_How to complete this task:_
Go through the records below and copy out every line that contains the word "Reply".

_Items from a dataset:_
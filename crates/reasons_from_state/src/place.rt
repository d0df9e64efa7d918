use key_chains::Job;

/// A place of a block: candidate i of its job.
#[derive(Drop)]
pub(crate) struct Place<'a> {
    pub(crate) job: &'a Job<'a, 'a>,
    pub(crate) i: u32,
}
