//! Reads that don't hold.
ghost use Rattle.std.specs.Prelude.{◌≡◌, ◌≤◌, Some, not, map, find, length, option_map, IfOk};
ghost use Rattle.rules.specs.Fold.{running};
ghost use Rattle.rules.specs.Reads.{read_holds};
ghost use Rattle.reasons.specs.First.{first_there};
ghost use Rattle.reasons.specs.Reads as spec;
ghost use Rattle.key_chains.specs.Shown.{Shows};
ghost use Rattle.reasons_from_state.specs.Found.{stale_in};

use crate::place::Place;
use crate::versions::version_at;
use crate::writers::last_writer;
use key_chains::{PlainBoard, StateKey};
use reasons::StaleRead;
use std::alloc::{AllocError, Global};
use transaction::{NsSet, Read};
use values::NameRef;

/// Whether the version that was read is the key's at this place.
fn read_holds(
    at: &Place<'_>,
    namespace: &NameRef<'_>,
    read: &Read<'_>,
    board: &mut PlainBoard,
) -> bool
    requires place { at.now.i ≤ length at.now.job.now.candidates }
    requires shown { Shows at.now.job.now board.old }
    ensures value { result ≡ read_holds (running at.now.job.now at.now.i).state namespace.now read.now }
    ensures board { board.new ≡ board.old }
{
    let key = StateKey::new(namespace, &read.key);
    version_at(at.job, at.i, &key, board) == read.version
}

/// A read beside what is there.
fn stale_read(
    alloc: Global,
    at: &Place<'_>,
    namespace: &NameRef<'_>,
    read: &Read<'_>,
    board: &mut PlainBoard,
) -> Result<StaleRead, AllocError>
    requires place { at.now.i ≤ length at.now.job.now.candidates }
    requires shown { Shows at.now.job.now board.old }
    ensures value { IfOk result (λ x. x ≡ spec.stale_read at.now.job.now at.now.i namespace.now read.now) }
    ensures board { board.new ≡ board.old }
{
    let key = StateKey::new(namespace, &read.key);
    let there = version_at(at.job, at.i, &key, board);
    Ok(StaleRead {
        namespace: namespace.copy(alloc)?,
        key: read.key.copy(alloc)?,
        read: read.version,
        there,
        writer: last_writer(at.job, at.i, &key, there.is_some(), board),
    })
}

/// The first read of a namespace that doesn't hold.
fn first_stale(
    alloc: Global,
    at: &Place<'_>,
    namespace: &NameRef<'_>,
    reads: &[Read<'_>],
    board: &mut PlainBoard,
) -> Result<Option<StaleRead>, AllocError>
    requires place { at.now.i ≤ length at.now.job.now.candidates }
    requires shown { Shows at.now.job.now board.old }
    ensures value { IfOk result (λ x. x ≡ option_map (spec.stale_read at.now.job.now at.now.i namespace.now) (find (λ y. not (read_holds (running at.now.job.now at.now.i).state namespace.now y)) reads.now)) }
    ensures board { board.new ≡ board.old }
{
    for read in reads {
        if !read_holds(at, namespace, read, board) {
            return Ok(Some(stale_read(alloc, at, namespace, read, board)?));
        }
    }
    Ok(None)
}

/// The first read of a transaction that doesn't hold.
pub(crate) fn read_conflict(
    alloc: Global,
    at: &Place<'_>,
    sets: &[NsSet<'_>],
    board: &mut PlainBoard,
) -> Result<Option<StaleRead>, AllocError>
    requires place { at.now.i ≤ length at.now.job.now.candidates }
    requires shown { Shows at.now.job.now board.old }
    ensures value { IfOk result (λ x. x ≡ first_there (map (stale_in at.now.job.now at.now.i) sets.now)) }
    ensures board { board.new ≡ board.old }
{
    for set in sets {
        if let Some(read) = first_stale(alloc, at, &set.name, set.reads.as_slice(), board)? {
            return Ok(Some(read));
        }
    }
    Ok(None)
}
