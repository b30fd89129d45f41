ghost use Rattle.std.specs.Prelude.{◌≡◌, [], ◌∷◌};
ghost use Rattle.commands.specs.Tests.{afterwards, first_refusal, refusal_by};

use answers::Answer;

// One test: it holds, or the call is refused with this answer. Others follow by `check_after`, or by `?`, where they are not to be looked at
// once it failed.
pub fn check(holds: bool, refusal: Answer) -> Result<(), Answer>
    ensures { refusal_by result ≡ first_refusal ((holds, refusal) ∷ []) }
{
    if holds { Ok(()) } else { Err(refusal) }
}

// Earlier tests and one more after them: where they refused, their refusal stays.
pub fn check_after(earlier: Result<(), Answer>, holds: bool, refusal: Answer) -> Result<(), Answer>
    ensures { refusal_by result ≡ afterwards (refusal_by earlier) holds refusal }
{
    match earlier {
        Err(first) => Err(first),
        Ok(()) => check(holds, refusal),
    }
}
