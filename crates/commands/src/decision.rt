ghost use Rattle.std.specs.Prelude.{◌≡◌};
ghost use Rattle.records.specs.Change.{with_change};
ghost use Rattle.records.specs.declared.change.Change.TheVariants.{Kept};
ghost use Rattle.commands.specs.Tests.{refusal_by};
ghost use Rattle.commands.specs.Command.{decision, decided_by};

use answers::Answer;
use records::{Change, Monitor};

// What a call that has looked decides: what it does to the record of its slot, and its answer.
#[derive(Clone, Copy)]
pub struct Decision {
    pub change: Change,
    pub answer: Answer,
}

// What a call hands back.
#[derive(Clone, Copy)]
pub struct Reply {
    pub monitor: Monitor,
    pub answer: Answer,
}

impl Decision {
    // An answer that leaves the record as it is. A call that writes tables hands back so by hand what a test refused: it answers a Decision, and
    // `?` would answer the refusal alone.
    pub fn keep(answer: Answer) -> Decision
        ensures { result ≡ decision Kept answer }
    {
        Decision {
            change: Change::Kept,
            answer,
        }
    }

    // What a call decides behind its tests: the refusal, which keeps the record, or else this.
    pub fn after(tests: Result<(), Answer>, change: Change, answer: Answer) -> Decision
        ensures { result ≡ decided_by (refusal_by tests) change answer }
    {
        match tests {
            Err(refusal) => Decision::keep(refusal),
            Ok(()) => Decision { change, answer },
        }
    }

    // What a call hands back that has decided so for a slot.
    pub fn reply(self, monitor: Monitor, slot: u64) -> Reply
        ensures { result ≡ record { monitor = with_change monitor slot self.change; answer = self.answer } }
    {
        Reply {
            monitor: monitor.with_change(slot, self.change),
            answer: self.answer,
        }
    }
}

_Result of the task:_
pub struct Reply {
    pub fn reply(self, monitor: Monitor, slot: u64) -> Reply
        Reply {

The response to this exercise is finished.